WHAT IS REQUIRED: The answer should be one number: how many lines in the records below contain the word "impl".

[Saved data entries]
****

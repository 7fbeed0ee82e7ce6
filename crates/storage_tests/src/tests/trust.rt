//! What is taken on trust over a disk that tells no bytes.

use super::flush::first_fact;
use rr_disk::{Disk, FileDisk};
use rr_journal::{Opened, Synced};
use rr_types::{NodeId, Nodes, Promise};
use std::alloc::Global;
use std::fs;
use std::process::Abort;

/// Asserts what is known of an opening on trust: node 2 of 3, whose next fact has number 5.
fn assert_opened(rt: &impl Abort, opened: &Opened) {
    assert!(rt; opened.nodes().count() == 3);
    assert!(rt; opened.node().index() == 2 && opened.next() == 5);
}

/// Asserts what is known of a group on trust: the first of node 2, with one fact.
fn assert_synced(rt: &impl Abort, synced: &Synced) {
    assert!(rt; synced.node().index() == 2 && synced.first() == 0);
    assert!(rt; synced.group().facts().len() == 1);
}

/// Takes an opening and a group on trust over this disk.
fn trusts<D: Disk>(rt: &impl Abort, alloc: Global, disk: &D)
    requires { D.tells disk.now → ⊥ }
{
    let nodes = Nodes::new(3).expect(rt, "nodes");
    let node = NodeId::new(nodes, 2).expect(rt, "a node");
    let opened = Opened::on_trust(disk, nodes, node, Promise::new(Vec::new(alloc)), 5);
    assert_opened(rt, &opened);
    let synced = Synced::on_trust(disk, node, first_fact(rt, alloc));
    assert_synced(rt, &synced);
    drop(synced);
}

#[test]
fn an_opening_and_a_group_on_trust(rt: HostRuntime) {
    let folder = "rr_journal_trust";
    let _ = fs::remove_dir_all(&rt, folder);
    let disk = FileDisk::open(&rt, folder, true).expect(&rt, "an opening");
    trusts(&rt, rt.alloc(), &disk);
    drop(disk);
    fs::remove_dir_all(&rt, folder).expect(&rt, "the folder goes");
}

****

SOLUTION: 3